Pull out of the data below the stretch of lines bounded by the one containing "fn say_bytes(rt: &impl" and the one containing "let mut store = [0u8; 8192];", both bounds included, unchanged.

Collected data
—————

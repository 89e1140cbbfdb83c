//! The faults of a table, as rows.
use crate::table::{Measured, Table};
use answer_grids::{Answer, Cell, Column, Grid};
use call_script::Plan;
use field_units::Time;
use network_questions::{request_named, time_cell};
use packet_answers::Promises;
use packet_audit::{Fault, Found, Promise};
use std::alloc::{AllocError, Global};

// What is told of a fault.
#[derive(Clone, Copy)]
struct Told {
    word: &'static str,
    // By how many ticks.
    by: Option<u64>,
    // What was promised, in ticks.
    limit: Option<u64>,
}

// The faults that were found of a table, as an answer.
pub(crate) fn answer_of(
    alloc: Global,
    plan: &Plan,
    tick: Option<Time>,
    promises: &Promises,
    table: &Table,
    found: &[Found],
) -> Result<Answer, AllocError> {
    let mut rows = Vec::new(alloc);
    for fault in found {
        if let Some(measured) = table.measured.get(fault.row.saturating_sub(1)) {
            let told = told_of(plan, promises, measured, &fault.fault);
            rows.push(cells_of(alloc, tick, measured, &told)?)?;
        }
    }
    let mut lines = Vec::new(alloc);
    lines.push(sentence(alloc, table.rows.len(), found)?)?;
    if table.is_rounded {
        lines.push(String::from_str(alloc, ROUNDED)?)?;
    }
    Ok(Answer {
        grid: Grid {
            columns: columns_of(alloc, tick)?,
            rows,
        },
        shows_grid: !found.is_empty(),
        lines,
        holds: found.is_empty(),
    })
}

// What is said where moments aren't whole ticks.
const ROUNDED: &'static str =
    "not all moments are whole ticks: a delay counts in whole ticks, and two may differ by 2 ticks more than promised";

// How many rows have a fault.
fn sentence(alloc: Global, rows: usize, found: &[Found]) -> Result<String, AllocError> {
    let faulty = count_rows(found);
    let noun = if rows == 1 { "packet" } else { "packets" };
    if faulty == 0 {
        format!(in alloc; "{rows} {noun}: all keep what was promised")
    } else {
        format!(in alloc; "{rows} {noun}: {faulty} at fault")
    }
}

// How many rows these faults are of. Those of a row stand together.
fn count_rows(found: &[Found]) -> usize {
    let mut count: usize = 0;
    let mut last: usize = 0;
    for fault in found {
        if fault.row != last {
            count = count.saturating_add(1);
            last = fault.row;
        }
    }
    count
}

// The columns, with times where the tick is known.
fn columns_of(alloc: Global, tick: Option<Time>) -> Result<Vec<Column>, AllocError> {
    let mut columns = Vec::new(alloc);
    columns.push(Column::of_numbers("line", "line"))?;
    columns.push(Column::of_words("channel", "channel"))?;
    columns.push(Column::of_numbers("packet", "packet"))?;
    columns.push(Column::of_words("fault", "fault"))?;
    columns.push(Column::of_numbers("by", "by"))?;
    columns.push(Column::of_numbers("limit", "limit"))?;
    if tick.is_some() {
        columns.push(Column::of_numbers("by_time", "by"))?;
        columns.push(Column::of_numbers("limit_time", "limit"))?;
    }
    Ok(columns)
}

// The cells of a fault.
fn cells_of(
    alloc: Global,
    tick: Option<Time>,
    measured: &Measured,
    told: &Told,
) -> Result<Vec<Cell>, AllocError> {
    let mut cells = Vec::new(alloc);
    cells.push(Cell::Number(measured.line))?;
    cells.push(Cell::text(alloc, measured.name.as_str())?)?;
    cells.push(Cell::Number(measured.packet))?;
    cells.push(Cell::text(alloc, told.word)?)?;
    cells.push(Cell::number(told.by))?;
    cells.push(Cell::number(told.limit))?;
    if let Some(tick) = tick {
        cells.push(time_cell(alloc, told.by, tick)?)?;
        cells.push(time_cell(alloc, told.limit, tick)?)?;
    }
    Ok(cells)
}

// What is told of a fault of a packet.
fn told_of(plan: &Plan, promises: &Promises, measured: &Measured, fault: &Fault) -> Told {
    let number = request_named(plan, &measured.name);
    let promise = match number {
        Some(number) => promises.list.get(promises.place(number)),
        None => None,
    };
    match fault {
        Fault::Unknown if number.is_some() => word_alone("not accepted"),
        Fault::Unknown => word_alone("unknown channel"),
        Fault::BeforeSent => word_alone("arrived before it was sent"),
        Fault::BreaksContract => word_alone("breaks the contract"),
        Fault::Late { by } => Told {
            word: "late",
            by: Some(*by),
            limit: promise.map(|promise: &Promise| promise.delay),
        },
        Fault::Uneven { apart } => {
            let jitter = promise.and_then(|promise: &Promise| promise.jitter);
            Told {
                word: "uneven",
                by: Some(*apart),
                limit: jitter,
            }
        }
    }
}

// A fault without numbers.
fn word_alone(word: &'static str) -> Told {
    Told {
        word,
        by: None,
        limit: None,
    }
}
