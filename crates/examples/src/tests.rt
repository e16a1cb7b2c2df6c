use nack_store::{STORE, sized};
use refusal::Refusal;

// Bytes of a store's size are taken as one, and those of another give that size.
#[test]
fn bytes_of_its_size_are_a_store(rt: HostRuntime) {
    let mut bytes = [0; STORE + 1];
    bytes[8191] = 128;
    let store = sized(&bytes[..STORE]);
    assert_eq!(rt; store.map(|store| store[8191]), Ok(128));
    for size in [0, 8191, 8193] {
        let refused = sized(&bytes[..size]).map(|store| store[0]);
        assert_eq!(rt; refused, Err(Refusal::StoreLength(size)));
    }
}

—————

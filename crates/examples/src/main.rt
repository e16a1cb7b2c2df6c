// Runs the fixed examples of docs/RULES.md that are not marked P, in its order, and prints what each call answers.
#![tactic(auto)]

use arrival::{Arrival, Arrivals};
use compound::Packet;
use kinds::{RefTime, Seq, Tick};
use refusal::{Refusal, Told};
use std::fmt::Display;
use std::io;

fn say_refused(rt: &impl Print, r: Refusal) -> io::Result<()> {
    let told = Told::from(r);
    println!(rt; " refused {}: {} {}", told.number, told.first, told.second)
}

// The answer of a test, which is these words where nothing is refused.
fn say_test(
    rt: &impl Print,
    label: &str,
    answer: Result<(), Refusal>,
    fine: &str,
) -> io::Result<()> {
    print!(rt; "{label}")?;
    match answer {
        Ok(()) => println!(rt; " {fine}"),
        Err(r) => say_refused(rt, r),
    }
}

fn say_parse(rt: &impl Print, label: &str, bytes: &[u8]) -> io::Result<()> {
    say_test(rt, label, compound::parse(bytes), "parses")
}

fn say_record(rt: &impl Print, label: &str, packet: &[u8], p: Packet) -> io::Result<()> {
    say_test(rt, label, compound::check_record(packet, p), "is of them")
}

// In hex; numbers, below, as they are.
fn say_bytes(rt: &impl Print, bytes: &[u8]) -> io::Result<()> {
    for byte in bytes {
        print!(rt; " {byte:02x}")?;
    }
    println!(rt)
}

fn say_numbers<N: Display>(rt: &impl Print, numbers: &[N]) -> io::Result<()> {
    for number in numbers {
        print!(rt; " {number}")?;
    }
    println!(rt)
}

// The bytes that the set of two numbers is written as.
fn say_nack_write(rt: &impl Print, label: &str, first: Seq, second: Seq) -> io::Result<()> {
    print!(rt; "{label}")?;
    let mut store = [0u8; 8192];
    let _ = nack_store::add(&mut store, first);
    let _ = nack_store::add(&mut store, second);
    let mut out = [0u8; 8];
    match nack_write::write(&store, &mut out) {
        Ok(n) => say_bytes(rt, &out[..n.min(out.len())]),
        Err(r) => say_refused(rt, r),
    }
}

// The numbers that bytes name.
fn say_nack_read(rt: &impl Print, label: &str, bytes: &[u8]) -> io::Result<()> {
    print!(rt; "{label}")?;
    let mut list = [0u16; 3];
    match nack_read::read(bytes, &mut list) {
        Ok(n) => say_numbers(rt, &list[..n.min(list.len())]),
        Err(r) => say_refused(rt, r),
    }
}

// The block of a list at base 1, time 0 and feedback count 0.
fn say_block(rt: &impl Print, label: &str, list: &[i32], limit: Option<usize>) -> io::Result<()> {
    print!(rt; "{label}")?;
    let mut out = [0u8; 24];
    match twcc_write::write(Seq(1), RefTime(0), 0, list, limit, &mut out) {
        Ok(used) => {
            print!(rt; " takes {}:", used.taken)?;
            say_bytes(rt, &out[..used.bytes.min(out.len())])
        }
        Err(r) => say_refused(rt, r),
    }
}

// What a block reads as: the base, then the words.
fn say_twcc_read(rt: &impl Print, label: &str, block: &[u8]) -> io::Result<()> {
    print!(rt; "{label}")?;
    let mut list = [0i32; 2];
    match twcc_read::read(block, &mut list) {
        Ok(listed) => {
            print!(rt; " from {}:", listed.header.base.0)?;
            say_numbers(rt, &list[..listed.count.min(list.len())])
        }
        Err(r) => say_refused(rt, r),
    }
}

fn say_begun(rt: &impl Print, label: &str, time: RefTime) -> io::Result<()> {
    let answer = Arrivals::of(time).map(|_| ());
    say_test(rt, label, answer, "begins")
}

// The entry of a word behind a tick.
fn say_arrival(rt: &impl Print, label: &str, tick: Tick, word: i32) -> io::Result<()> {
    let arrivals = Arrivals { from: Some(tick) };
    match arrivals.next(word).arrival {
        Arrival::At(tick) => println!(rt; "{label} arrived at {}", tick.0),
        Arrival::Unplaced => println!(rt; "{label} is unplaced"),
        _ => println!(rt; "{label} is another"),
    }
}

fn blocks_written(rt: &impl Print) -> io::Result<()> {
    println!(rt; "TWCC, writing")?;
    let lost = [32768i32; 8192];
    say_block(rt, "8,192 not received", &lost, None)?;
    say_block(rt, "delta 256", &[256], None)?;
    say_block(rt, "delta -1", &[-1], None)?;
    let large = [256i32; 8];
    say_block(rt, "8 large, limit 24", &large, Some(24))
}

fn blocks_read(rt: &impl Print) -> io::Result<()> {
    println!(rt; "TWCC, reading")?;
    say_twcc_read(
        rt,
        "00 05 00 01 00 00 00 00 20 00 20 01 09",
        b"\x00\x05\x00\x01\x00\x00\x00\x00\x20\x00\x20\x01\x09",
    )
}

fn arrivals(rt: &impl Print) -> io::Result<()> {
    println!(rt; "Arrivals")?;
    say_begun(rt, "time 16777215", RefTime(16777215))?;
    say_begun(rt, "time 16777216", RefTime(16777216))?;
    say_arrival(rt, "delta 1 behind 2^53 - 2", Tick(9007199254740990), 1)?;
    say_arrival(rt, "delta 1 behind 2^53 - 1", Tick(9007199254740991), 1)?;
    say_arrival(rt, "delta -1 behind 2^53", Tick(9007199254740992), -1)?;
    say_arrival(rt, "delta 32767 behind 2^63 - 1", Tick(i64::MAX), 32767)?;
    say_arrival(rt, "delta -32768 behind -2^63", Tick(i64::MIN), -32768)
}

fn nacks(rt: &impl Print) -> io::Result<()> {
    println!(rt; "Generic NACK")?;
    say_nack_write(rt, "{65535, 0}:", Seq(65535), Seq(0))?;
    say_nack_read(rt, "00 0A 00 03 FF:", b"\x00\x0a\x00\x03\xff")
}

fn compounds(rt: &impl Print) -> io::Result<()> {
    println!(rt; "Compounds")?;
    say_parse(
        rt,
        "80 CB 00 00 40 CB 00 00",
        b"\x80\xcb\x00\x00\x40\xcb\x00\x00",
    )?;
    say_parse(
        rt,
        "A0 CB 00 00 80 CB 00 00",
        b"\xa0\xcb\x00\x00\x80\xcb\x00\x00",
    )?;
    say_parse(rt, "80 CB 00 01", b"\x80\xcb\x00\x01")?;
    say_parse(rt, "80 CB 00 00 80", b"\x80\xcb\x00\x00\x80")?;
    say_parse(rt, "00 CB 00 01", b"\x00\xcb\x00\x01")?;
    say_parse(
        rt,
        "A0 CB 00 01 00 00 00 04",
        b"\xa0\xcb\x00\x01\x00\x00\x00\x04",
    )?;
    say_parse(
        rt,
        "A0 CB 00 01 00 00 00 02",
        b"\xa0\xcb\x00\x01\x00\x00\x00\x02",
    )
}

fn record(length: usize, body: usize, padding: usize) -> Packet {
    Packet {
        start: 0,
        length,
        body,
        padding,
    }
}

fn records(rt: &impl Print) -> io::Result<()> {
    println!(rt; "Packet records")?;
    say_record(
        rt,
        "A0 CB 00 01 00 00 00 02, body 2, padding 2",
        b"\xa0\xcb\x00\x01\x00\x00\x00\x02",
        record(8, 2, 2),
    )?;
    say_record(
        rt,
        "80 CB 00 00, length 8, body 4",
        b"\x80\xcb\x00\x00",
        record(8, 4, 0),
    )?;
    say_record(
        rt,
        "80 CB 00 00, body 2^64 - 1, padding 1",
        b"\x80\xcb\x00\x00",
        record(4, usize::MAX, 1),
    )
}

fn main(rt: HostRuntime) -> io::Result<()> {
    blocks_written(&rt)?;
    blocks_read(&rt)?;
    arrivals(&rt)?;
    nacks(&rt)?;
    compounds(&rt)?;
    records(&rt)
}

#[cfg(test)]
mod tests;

—————

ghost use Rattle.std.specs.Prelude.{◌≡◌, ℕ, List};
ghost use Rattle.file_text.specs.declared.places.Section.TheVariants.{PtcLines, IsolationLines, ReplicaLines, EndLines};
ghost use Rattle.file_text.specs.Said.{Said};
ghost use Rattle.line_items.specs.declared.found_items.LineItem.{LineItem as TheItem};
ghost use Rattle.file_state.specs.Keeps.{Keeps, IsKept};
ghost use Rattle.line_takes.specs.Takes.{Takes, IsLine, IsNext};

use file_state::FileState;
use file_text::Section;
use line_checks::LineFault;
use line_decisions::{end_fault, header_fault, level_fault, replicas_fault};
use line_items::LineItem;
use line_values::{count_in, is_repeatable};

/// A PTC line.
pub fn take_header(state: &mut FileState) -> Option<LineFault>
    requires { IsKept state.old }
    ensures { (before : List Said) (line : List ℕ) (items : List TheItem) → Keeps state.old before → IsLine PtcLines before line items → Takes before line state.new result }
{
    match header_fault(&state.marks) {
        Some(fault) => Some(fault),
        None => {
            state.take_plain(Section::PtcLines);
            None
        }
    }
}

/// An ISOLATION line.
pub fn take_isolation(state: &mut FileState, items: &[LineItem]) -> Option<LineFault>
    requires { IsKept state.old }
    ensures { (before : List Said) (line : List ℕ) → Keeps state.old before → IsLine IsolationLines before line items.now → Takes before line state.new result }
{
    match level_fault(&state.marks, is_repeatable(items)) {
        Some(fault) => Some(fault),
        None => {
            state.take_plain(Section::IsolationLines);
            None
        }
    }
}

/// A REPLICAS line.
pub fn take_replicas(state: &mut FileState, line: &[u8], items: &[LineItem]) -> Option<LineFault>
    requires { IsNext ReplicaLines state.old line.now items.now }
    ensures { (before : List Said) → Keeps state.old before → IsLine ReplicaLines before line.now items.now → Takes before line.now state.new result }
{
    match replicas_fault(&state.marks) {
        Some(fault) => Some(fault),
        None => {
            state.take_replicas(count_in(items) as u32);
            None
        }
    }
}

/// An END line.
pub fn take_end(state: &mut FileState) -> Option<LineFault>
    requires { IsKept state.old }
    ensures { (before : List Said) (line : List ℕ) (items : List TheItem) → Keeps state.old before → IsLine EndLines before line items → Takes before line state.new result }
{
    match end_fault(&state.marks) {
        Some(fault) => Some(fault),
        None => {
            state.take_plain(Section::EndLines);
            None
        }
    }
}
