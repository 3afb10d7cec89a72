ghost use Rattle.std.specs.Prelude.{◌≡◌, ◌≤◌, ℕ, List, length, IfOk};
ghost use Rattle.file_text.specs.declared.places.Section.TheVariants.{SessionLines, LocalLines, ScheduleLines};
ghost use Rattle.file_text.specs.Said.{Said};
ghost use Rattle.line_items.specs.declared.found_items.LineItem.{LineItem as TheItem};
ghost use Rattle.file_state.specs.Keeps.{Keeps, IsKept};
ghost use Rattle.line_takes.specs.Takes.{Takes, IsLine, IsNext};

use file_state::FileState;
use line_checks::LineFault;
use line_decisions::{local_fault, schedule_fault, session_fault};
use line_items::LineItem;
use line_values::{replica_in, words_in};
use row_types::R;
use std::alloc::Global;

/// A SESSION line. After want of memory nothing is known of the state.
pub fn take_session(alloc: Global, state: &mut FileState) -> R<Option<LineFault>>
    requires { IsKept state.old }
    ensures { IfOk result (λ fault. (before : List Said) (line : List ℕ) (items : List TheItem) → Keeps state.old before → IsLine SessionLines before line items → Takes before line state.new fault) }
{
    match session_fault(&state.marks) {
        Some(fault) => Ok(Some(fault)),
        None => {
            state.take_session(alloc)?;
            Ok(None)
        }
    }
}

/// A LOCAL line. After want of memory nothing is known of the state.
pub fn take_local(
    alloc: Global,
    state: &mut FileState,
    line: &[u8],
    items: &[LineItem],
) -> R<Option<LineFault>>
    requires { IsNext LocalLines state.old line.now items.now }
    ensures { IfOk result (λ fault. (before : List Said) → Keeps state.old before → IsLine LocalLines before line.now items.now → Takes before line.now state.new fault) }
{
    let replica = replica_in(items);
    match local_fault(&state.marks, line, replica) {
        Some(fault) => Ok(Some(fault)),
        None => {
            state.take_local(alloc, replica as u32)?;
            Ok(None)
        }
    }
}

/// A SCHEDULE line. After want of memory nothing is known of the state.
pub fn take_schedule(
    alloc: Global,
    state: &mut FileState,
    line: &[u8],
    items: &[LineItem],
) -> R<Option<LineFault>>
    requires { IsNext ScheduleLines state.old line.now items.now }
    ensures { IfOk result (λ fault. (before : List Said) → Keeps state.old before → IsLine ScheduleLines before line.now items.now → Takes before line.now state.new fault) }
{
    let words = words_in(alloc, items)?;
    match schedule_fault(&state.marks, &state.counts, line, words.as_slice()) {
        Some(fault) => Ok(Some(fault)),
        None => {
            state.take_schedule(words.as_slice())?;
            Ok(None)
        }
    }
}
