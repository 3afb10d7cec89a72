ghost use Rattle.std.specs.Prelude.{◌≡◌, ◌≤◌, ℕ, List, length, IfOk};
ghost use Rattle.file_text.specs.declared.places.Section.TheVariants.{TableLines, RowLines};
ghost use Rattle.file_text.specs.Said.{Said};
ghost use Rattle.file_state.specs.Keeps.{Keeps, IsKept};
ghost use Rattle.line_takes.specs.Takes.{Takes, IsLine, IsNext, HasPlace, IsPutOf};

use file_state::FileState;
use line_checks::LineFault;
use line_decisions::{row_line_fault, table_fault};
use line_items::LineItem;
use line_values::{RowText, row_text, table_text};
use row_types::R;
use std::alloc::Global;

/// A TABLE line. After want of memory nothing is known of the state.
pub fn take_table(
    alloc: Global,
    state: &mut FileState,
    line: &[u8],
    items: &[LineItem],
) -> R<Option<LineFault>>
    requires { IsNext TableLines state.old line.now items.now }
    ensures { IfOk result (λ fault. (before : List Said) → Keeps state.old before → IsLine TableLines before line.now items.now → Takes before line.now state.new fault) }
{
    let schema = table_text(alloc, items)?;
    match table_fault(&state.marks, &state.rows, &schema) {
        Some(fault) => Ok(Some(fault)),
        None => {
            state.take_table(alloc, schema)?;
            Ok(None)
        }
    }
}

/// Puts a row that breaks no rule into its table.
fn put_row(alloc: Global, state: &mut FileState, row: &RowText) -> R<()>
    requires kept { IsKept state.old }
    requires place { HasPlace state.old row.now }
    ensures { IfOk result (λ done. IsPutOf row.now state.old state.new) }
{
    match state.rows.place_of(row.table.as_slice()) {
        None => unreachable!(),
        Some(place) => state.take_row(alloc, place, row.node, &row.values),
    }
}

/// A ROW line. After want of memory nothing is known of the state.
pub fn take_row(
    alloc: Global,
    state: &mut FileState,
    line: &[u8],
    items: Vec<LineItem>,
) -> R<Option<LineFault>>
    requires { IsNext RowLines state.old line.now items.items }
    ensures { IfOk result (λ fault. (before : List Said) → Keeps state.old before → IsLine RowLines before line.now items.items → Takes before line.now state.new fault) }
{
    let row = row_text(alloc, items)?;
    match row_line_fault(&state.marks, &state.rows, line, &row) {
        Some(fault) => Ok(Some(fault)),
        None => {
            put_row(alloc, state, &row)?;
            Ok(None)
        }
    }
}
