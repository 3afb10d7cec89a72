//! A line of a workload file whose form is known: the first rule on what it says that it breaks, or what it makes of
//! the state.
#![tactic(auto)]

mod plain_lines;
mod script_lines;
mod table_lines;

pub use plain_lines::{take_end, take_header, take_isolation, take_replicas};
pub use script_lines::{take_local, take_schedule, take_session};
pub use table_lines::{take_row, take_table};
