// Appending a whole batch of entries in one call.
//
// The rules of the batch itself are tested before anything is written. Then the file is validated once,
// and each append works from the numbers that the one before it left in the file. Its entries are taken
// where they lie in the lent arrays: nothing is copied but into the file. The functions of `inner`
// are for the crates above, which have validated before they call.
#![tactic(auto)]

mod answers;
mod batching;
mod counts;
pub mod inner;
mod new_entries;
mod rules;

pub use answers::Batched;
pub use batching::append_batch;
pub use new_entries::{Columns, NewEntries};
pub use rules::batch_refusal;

—————

▶ **Solution**:
fn say_bytes(rt: &impl Print, bytes: &[u8]) -> io::Result<()> {
    for byte in bytes {
        print!(rt; " {byte:02x}")?;
    }
    println!(rt)
}

fn say_numbers<N: Display>(rt: &impl Print, numbers: &[N]) -> io::Result<()> {
    for number in numbers {
        print!(rt; " {number}")?;
    }
    println!(rt)
}

// The bytes that the set of two numbers is written as.
fn say_nack_write(rt: &impl Print, label: &str, first: Seq, second: Seq) -> io::Result<()> {
    print!(rt; "{label}")?;
    let mut store = [0u8; 8192];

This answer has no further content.